Spotlight: Moe Green
August 16, 2010

Not what you would expect to hear from one of today's Bay Area artists, Moe Green has a sound unlike the majority of his West Coast counterparts.  And that's definitely not a bad thing.   Part of what I feel to be the return of West to Hip-Hop, Moe Green will definitely not disappoint.

Personally, I was shocked to hear a sound like this come out of California.   Alot of times you expect to hear that West Coast twang along with tracks laced with Troutman'esque sounds, which isn't the case with Moe.

Coming out swinging with his debut effort Rocky Maivia: Non Title Match, I definitely have high hopes for Moe Green. Hopefully some of the artists out there on the west coast can take a few notes from this guy.


The rap game is overflowing with aspiring new MCs, all crammed into a single ring fighting for that lone heavyweight title. One particular competitor who has fully dedicated himself to the good fight is 22-year old Moe Green from Vallejo, California. His forthcoming debut album, Rocky Maivia: Non Title Match, is titled after Dwayne "The Rock" Johnson’s first professional ring name and perfectly embodies Moe place in today’s hip-hop circuit – the newcomer who is one day going to hold the championship belt. “The idea behind Rocky Maivia is the come up,” says Moe. “It’s about stepping into the league with the pros and aiming for the stars.”

While his parents spun old school funk, jazz, and, occasionally, hip-hop, Moe's early musical influences stemmed from whatever was popular at the time, not necessarily what hip-hop purists lauded. As part of the TRL generation, Moe incorporates elements of pop music, often draping his impressive verses over the kind of beats most people wouldn’t assume an up-and-coming hip-hop artist would use. Moe’s soundbeds range from sparse and blunted (“Ride”) to jazzy (“KIM”), and he’s just as comfortable singing hooks over driving soul-tinged beats (“Search Party”) as he is rapping over electro-house artist Kavinsky’s 80’s soundtrack-like sounds (bonus track “Lights, Camera, Action”) and a drippy, spacey dubstep version of synthpop duo La Roux’s “In The Kill” (“Going For The Kill”).

But to this day, Moe’s main source of inspiration comes from his hometown of Vallejo. Tucked away in the San Francisco Bay Area, Vallejo is well documented as the birthplace of rap legends E-40 and Mac Dre, but despite the city's recognition as a hip-hop hot spot, Vallejo is suffering its own fair share of hardships. In 2008, Moe’s hometown became the largest city in the state to file for bankruptcy and continues to struggle from financial adversity. The domino effect of these events has directly affected the morale of his community and motivates Moe to speak the truth and create sincere music that inspires his peers. “After hearing my music, I want people to recognize me as somebody they can relate to because I make honest music,” says Moe who cites the track "Day Dreamer" featuring Ragen Fykes as an example of the honest, everyday emotions expressed in his music. “Everybody hates being broke, hates their job, goes through relationship problems, wants dope shoes and clothes, has guilty pleasures and that's what I rap about.”

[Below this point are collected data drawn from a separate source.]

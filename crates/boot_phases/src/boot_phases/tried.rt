//! The names that were tried before, found without a scan.

ghost use Rattle.std.specs.Prelude.{◌≡◌, IfOk};
ghost use Rattle.start_model.specs.Entries.{was_tried};

use crate::service_entries::Entry;
use nt_bytes::{Names, Units};
use nt_names::name_places::NamePlaces;
use std::alloc::{AllocError, Global};
use std::marker::Model;

/// Names that were tried, whatever the case of their letters. Contracts see their list.
#[derive(Drop)]
pub(crate) struct TriedNames {
    names: NamePlaces,
}

impl Model for TriedNames {
    ghost use Rattle.std.specs.Prelude.{List, ℕ};

    ghost Value = { List (List ℕ) };

    ghost view = { λ a. a.names };
}

impl TriedNames {
    /// These names. Takes n log n time in their number.
    pub(crate) fn new(alloc: Global, names: &[Units]) -> Result<TriedNames, AllocError>
        ensures { IfOk result (λ t. t ≡ names.now) }
    {
        let names = NamePlaces::new(alloc, Names::from_slice(alloc, names)?)?;
        Ok(TriedNames { names })
    }

    /// Whether the entry's name is among those that were tried.
    pub(crate) fn has(&self, entry: &Entry) -> bool
        ensures { result ≡ was_tried self.now entry.now }
    {
        self.names.place_of(entry.name.as_slice()).is_some()
    }
}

Like any fighter, years of training, dedication, and discipline are required to claim the top spot. Moe has been training for this his entire life. Having competed in speech and poetry meets growing up, Moe found himself genuinely attracted to the creative freedom music imparts early in his life, even writing rhymes in kindergarten with his childhood best friend and E-40’s son, Droop-E. What initially began as a childhood hobby progressed into a full-blown passion when Moe resolved to making music his life. “I decided to make a career out of music when I realized I wanted to find something to do with my life that didn’t make me hate waking up in the morning,” says Moe who, on the somber "Emerald City," raps about his desire to look back on life happy with his decisions and the conflicts encountered on the road to success. “Growing up, my mom always said she should have been in Hollywood. I don’t want to look back on my life someday and wonder ‘What if’?' I’m ready to fight for my place in hip-hop.” Listeners of Rocky Maiva can expect to hear tales from a young man from a hard hit city trying to find his way in the world the best he can. On growing from Rocky Maivia to one day standing amongst the greats, Moe says, “I need to win a couple belts first. I have to prove that I have the skill to do that and this album is like my wrestling debut.” And so, the journey begins.